Just a little background on me so you know whether or not you want to hear my opinions on the topic.

About 6 years ago had you talked to me about having kids I would have told you not a chance, YET. I didn’t know how to be a parent. I was still figuring myself out and trying to find a way to get a dog and be a good enough dog parent while working full time. I didn’t think I would be a good parent because that wasn’t something I had really thought about yet. I would have never thought about being responsible for another human because I was enough work as just me. After meeting someone, moving, getting settled, I got to a point where I said “Okay I would be okay lifestyle wise, financially exedra if I had a baby at this point in my life (really not thinking about the parenting piece at that time). I swear within minutes of thinking this I was pregnant. After slightly panicking, I was okay with it, but still didn’t realize what was coming my way.

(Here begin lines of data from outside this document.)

//! The functions of a code by their names. Lists of mutants and of tests name functions in each
//! record, so the names are looked up in a map.
#![tactic(auto)]

mod names;

pub use names::FunctionNames;
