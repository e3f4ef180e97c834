//! The scripts that the words of a program name.

use crate::rows::Carries;
use crate::script::play;
use std::rt::{Env, Files};
use std::{env, fs, io};

/// Carries out the scripts that are the words after the program's name, and prints of each how many
/// rows it has, and how many of them answered otherwise than it says.
pub fn play_all<R: Env + Files + Print + AllocGlobal, C: Carries>(
    rt: &R,
    carries: &mut C,
) -> io::Result<()> {
    for name in env::args(rt)?.skip(1) {
        let script = fs::read_to_string(rt, name.as_str())?;
        let tally = play(rt, carries, script.as_str())?;
        let rows = tally.rows;
        let wrong = tally.wrong;
        println!(rt; "{name}: {rows} rows, {wrong} wrong")?;
    }
    Ok(())
}
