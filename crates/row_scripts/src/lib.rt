//! Scripts of rows: files, commands over them, and what each is to answer.
//!
//! A script is read line by line. `file NAME` begins a file, whose lines follow up to a line `.`.
//! `$ WORDS` begins a row: the words of a command, with one blank between two of them, or none.
//! What it answers follows, up to a line that begins with `= `. `keep NAME` makes a file of the
//! text that the row before it answered. Every other line is a remark.
//!
//! A line `*N TEXT` of a file means the text N times, where `\n` is a line break, `\xHH` the byte
//! of two hexadecimal digits, `\#` the number of the time from 0, `\+` the same from 1, and `\\` a
//! `\`. No line break follows by itself.
#![tactic(auto)]

mod all;
mod repeated;
mod rows;
mod script;

pub use all::play_all;
pub use rows::{Carries, Tally, file_named};
pub use script::play;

I was raised with a sister, so I didn’t know much about boys. However, knowing what I knew about girls and what a brat I was and how bossy my sister was I figured the unknown had to be a better option. When I found out it was a boy I was slightly relieved. After having my son, I was lucky enough to have no post-partum issues. I adjusted to the mom thing pretty well, at first. I didn’t struggle much during the first year. After the first year I started to struggle. It got harder to leave for work on time because of all the things that needed to be done in the morning along with the temper tantrums that came into play. I started to feel like a bad mom because I would pick my kid up after 10 hours at daycare, get him home and in the tub, fed, and then put him to bed. I struggled to keep up with my housework. I struggled to grocery shop, go places, enjoy my little one in general, or have any type of social life. I wasn’t happy very often.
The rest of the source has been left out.